Exercise description: Write each line word for word, from the line that contains "Ok(Step::Write(verdict, lines)) =>" through the last line of the material below.

Dataset entries:
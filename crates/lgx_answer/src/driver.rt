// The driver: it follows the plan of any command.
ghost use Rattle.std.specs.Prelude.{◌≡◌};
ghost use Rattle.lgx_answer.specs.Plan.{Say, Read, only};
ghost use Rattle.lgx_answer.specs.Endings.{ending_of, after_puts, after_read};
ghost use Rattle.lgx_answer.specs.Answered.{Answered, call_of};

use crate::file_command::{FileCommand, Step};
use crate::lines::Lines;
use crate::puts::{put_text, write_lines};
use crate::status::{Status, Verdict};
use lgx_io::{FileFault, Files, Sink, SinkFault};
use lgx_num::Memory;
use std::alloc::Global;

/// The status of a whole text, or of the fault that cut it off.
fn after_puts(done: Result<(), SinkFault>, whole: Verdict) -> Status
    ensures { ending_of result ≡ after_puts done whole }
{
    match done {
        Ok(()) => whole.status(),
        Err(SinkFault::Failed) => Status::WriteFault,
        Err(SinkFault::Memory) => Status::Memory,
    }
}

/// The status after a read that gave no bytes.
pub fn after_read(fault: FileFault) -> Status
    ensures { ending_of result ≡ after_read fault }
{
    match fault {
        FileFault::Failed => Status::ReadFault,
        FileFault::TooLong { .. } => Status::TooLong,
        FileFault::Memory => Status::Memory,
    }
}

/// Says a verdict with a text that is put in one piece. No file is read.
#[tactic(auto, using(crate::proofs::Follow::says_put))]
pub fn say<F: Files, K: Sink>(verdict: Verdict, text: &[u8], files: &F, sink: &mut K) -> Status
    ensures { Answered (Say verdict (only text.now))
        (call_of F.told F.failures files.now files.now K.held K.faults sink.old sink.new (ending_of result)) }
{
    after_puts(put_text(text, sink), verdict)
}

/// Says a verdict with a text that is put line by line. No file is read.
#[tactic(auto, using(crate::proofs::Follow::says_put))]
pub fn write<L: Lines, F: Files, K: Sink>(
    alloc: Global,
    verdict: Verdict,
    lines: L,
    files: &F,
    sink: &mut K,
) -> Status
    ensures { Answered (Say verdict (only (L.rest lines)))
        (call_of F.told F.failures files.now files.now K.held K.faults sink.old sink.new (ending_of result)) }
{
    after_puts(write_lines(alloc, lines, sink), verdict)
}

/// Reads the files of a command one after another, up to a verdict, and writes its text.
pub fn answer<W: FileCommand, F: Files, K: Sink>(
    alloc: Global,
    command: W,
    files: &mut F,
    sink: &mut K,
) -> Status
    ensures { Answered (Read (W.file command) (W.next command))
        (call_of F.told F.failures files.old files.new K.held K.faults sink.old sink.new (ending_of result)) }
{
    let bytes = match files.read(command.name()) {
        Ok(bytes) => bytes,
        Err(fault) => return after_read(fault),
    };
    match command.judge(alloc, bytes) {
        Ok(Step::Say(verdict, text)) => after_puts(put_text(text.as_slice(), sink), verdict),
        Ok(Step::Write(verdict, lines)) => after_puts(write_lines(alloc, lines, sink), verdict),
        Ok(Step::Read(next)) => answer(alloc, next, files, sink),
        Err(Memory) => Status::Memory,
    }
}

Your solution:
        Ok(Step::Write(verdict, lines)) => after_puts(write_lines(alloc, lines, sink), verdict),
        Ok(Step::Read(next)) => answer(alloc, next, files, sink),
        Err(Memory) => Status::Memory,
    }
}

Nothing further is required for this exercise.